When this bill came before the committee on finance, I found myself alone in opposition to it. I could not impress my colleagues of the committee with the grave importance of the measure, and its wide-reaching influence upon our currency, debt and credit. They regarded it simply as a bill to change the form of our securities. I felt confident that without the use of United States notes we could not make this exchange. When the bill was brought before the Senate by Mr. Fessenden, chairman of the committee, he made no statement of its terms, but only said:

"I have merely to say that this bill is reported by the committee on finance without amendment as it came from the House of Representatives. The committee on finance, on careful examination of it, came to the conclusion that the bill was well enough as it stood, and did not deem it advisable to make any amendment. It has been before the Senate a considerable time, and I presume every Senator understands it. I ask, therefore, for the question."

I replied:

"I regret very much that I differ from the committee on finance in regard to this bill. This is the only bill on the subject of the public debt on which I have not been able to concur with that committee. . . .

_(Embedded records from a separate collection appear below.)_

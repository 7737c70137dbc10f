//! Classes of roots: small numbers by which most roots are told apart. Equal roots have one class,
//! and others may share it.

ghost use Rattle.std.specs.Prelude.{◌≡◌, ◌%◌, unsigned_abs};
ghost use Rattle.term_core.specs.Tree.{Tree, children, annotations};
ghost use Rattle.term_core.specs.Kind.{made_of};
ghost use Rattle.strategy_syntax.specs.Heads.{head_of};
ghost use Rattle.strategy_syntax.specs.Apart.{text_class, head_class, tree_class, pattern_class, child_class, is_other, is_apart};

use crate::{Head, ResolvedPattern, ResolvedPatternForm};
use term_core::{Kind, Name};

/// The number of classes.
pub const CLASSES: usize = 64;

/// The class of a root of this kind.
#[inline(always)]
pub fn class_of(kind: Kind<'_>) -> u8
    ensures { (t : Tree) → t ≡ made_of kind.entry (children t) (annotations t) → result ≡ tree_class t }
{
    match kind {
        Kind::Integer(number) => class_of_integer(number),
        Kind::Application(name) => class_of_name(name),
        Kind::List => 1,
        Kind::Tuple => 2,
    }
}

fn class_of_head(head: &Head) -> u8
    ensures { result ≡ head_class (head_of head.now) }
{
    match head {
        Head::Application(name) => class_of_name(name),
        Head::List => 1,
        Head::Tuple => 2,
    }
}

#[inline(always)]
fn class_of_integer(number: i64) -> u8
    ensures { result ≡ unsigned_abs number % 64 }
{
    (number.unsigned_abs() % 64) as u8
}

#[inline(always)]
fn class_of_name(name: &Name) -> u8
    ensures { result ≡ text_class 0 name.now.text }
{
    let bytes = name.bytes();
    let mut class: u32 = 0;
    for b in bytes {
        class = (class * 31 + u32::from(*b)) % 64;
    }
    class as u8
}

/// The class of the roots that the pattern matches, if they have one.
pub(crate) fn class_of_pattern(pattern: &ResolvedPattern) -> Option<u8>
    ensures { result ≡ pattern_class pattern.now }
{
    match pattern.form() {
        ResolvedPatternForm::Wildcard => None,
        ResolvedPatternForm::Variable(_) => None,
        ResolvedPatternForm::At(_, inner) => class_of_pattern(inner),
        ResolvedPatternForm::Integer(number) => Some(class_of_integer(*number)),
        ResolvedPatternForm::Compound(head, _) => Some(class_of_head(head)),
        ResolvedPatternForm::WithTail(_, _) => Some(1),
        ResolvedPatternForm::Annotated(inner, _) => class_of_pattern(inner),
    }
}

// The same of child `i`.
fn class_of_child(pattern: &ResolvedPattern, i: usize) -> Option<u8>
    ensures { result ≡ child_class pattern.now i }
{
    match pattern.form() {
        ResolvedPatternForm::Compound(_, parts) => match parts.get(i) {
            Some(part) => class_of_pattern(part),
            None => None,
        },
        _ => None,
    }
}

fn is_other(class: Option<u8>, other: u8) -> bool
    ensures { result ≡ is_other class other }
{
    match class {
        Some(known) => known != other,
        None => false,
    }
}

/// Whether no term matches the pattern whose root has this class, and whose child at an index, if
/// one is given.
pub(crate) fn is_apart(pattern: &ResolvedPattern, root: u8, child: Option<(usize, u8)>) -> bool
    ensures { result ≡ is_apart pattern.now root child }
{
    if is_other(class_of_pattern(pattern), root) {
        return true;
    }
    match child {
        Some((i, class)) => is_other(class_of_child(pattern, i), class),
        None => false,
    }
}

/// A child by whose root the two patterns are told apart: the given one, if it does that, or else
/// the first one.
pub(crate) fn telling_child(
    left: &ResolvedPattern,
    right: &ResolvedPattern,
    given: Option<usize>,
) -> Option<usize> {
    if let Some(i) = given {
        if tells(left, right, i) {
            return given;
        }
    }
    let ResolvedPatternForm::Compound(_, parts) = left.form() else {
        return None;
    };
    for i in 0..parts.len() {
        if tells(left, right, i) {
            return Some(i);
        }
    }
    given
}

fn tells(left: &ResolvedPattern, right: &ResolvedPattern, i: usize) -> bool {
    match class_of_child(left, i) {
        Some(class) => is_other(class_of_child(right, i), class),
        None => false,
    }
}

"If Senators will read this bill they will find that it confers on the Secretary of the Treasury greater powers than have ever been conferred, since the foundation of this government, upon any Secretary of the Treasury. Our loan laws, heretofore, have generally been confined to the negotiation of a single loan, limited in amount. As the war progressed, the difficulties of the country became greater, and we were more in the habit of removing the limitations on the power of the Secretary of the Treasury; but generally the power conferred was confined to a particular loan then in the market. This bill, however, is more general in its terms. This bill authorizes the Secretary of the Treasury to sell any character of bonds without limit, except as to the rate of interest. The authority conferred does not limit him to any form of security. It may run for any period of time within forty years. He may sell the securities at less than par, without limitation as to rate. He may sell them in any form he chooses. He may put them in the form of treasury notes or bonds, the interest payable in gold or in paper money. He may undertake, under the provisions of this bill, to fund the whole debt of the United States. The only limit as to amount is the public debt, now $2,700,000,000. The power conferred on the Secretary of the Treasury is absolute. It is not only for this year, or during the current fiscal year, or for the next year, but it is for all time, until the act shall be repealed. It gives him absolute power to negotiate bonds of the United States to the amount of $2,700,000,000, without limiting the rate at which they shall be sold, and only limiting the rate of interest inferentially. The description of the bonds in the act of March 3, 1865, referred to here, would probably limit the rate of interest to six per cent. in coin, and seven and three- tenths per cent. in currency; but with this exception there is no limitation.